Три женщины стояли, как три стороны света на компасе, наблюдая за четвертой. Я видела: каждая из них пытается связать меня нынешнюю со своими воспоминаниями о восьмилетней девочке, игравшей с ними на лужайке. Tante Матильда слегка покачивала головой, словно результат её не радовал. Селеста смотрела на мою мятую юбку и негодные по размеру сандалии. Интересно, что мне делать, если одна из них скажет: «Погоди-ка, да ведь ты не Мари-Кристин. Ты совсем на неё не похожа». Я ждала, что это произойдет с минуты на минуту. Наверное, так или иначе я всегда ждала этого, и честно говоря, было бы менее тяжело и страшно, если бы с меня сорвали маску именно сейчас, когда под этой маской до сих пор спрятана ещё одна. Лучше сейчас, чем когда вообще никакой не будет. Итак, я ждала, бессмысленно глядя на сухие стрелки травы под ногами, но ни одна из них троих ничего не сказала. Я тоже молчала. Я уже открыла для себя, что больше не переживаю из-за вечной необходимости всем нравиться. Зачем? Ведь оценивают не меня. Так что затянувшееся молчание меня не смущало. Наконец Франсуаза прервала его, задав нервный и вежливый вопрос о том, как я доехала.

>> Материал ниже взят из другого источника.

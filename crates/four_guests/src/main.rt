//! Has four guests of one host work inside their heaps, by one thread or by several, with each part of the host behind a lock of its own.
//!
//! The words are how many threads and how many rounds; a round of a guest is five operations. It prints how many events the journal has at
//! the end, which depends on no schedule. The exit status is 0, or 2 where the words are no numbers, or 1 where memory, a call or the
//! output fails.
#![tactic(auto)]

mod driving;
mod work;

use crate::driving::driven;
use k_parts::{Host, Rooms};
use k_types::{NoMemory, TypeId};
use std::alloc::Global;
use std::env;
use std::process::ExitCode;
use std::sync::Wait;
use std::thread::Threads;

/// Four processes, each on a limit of its own.
const SETUP: &[u8] = b"kaffe 1\nkernel 4096 4\ntype Node ref ref int\nlimit root 100000\n\
limit a root hard 10000\nlimit b root hard 10000\nlimit c root hard 10000\nlimit d root hard 10000\n\
proc a a\nproc b b\nproc c c\nproc d d\n";

/// The most rounds of a guest.
const MOST_ROUNDS: u32 = 10_000_000;

/// As many events as there can be, none of which is kept.
fn rooms() -> Rooms {
    Rooms::for_objects(1000, 4, 0)
}

/// The words after the program's name.
fn words(rt: &HostRuntime) -> Result<Vec<String>, NoMemory> {
    match env::args(rt) {
        Ok(args) => Ok(args.skip(1).collect(rt.alloc())?),
        Err(error) => match NoMemory::told_by(&error) {
            Some(refused) => Err(refused),
            None => Ok(Vec::new(rt.alloc())),
        },
    }
}

/// How many events the journal has in the end.
fn events<R: Threads + Wait + Sync>(
    rt: &R,
    alloc: Global,
    threads: usize,
    rounds: u32,
) -> Option<u64> {
    let Ok(host) = Host::read(alloc, SETUP, TypeId(0), 10, rooms()) else {
        return None;
    };
    let Ok(events) = driven(rt, alloc, host, threads, rounds) else {
        return None;
    };
    events
}

fn main(rt: HostRuntime) -> ExitCode {
    let Ok(words) = words(&rt) else {
        return ExitCode::from(1);
    };
    let [threads, rounds] = words.as_slice() else {
        return ExitCode::from(2);
    };
    let (Ok(threads), Ok(rounds)) = (threads.parse::<usize>(), rounds.parse::<u32>()) else {
        return ExitCode::from(2);
    };
    match events(&rt, rt.alloc(), threads, rounds.min(MOST_ROUNDS)) {
        Some(events) => ExitCode::from(println!(rt; "{events} events").is_err() as u8),
        None => ExitCode::from(1),
    }
}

— Maman, j'ai faim, [76] Мама, я хочу есть
— крикнул старший мальчик, выписывая вокруг нас круги.
— Веди детей в дом, Франсуаза, и вымой им руки, — сказала Tante Матильда.
Мы поели, не в шикарном обеденном зале, а на кухне, — прохладной, сводчатой комнате с каменными стенами, оставшихся, видно, ещё от старинной постройки. Мы уже наполовину расправились с салатом из сырых овощей, когда появился дядя Ксавьер, принеся с собой запах животных и горячей травы. Усевшись, он дотянулся до моей руки, сжал её и улыбнулся, его усталое лицо сияло от радости. Зубы у него были крепкие и очень ровные. Он сразу углубился в долгую беседу с Tante Матильдой, сидевшей на другом конце дощатого стола. Говорили они то ли об оленях, то ли о козах: я не могла понять, потому что забыла, что значит chevre, но, поразмыслив хорошенько и принюхавшись к слабому запаху, исходящему от дяди Ксавьера, решила, что разговор шел все же о козах.
— Вы держите коз? — спросила я.
— Держим, — сказал он, переходя ради меня на английский. — Коз. Овец. Кур. Пчел. Гусей. Мы делаем сыр, мед, паштет…
— У твоего дяди ферма, — сказала Tante Матильда, — а мы организуем экскурсии.
Селеста зевнула. И прижала ко рту кончики пальцев с лиловыми ногтями.
— Не понимаю, почему нельзя, чтобы люди сами ходили и смотрели, пожаловалась она. — В Англии так и поступают.
— В Англии, — фыркнула Tante Матильда. — В Англии чего только не творят. — Вдруг она перешла на французский. — Их не интересует искусство, этих англичан. Архитектура не интересует. Как и история. Их занимает только футбол и политика. Кроме того, стоит позволить людям без надзора слоняться по замку, и они начнут воровать. — Но в её устах это прозвучало скорее как похвала французам, мол, французов вкус не подводит, они знают, что стоит воровать.
Я сделала вид, что не понимаю.
Дядя Ксавьер взял свой бокал.
— Предлагаю тост, — сказал он. — За Мари-Кристин. За её выздоровление.
Бокалы поднялись в воздух. Я всех одарила улыбкой. Внезапно вспомнилась картина: мы с Крис сидим в ресторанчике за бутылкой вина и улыбаемся друг другу, как заговорщики.
— Погляди на меня теперь, Крис. Разве это не странно? — сказала я про себя.
Селеста положила на стол вилку.
— А долго ты собираешься у нас пробыть? — спросила она.
— Сколько захочет, столько и побудет, — сказал дядя Ксавьер. — Это её дом.
Селеста поджала губы. Ее искусно подкрашенные коричневыми и золотыми тенями веки опустились, как заслонки. Она отставила тарелку.
— Пару дней, — сказала я. И к своему удивлению добавила: — Может, с неделю.